In the further step we culture zebrafish with different types of nanoparticles to study the teratogenesis from different cell damage and repair processes. It will be essential for understanding early zebrafish development especially in the process of neuro-development.
Animal experiments
The effects of 50 nm and 200 nm nanoparticles on the embryonic development of zebrafishes were presented in figure 8 and figure S5. Figure 8a demonstrated the mutation frequencies of zebrafish eggs treated with 10 μg/ mL 50 nm and 200 nm sulfhydride silica nanoparticles. According to the results, both 50 nm and 200 nm nanoparticles caused zebrafish egg mutations. The probable process of hatching enzyme inhibition were related to the nanoparticles internalizing through the chorion pore canals or the blocking of chorion pores due to the nanoparticles accumulation on the chorion surface and leading to oxygen supply shortage. From the SEM of Zebrafish eggs we found that both of the nanoparticles can attached on the surface of the eggs and entered into them result into different damage. While, 200 nm nanoparticles caused much more and severer mutations than 50 nm ones did. The results supported that 50 nm nanoparticles caused repairable cell injuries, especially genome and protein damages, in zebrafishes.
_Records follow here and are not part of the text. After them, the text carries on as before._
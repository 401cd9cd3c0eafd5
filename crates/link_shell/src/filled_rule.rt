// The rule that the commands go by.
ghost use Rattle.link_shell.specs.Headline.{FilledRule};

use pair_decisions::shares_have_a_rule;

/// Law: each command that decides goes by the filled table at the asked levels of its plan, for the shares of its fields, given or counted:
/// there is one, and it is least.
pub fn commands_go_by_filled_rule()
    ensures { FilledRule }
{
    shares_have_a_rule();
}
However, the cell injuries, as well as genome and protein damages caused by 200 nm nanoparticles, were unrepairable. Figure 8b presented the different innate abnormity of newly hatched zebrafishes under the effects of 50 nm and 200 nm nanoparticles. It was presented that after treated with 50 nm nanoparticle, multiple tumidities of abdomens can be found in zebrafishes (red rectangular in Figure 8b). However, after 200 nm nanoparticle treatment, zebrafishes had both tumidities in their abdomens (blue rectangular in Figure 8b) and nerve malformation at their back heads (dashed blue rectangular in Figure 8b). The results suggested that both 50 nm and 200 nm nanoparticles had toxicity during the embryonic development process, but 200 nm nanoparticles presented their toxicities on both neural system and viscus development, while 50 nm nanoparticles, presented their toxicities on viscus development.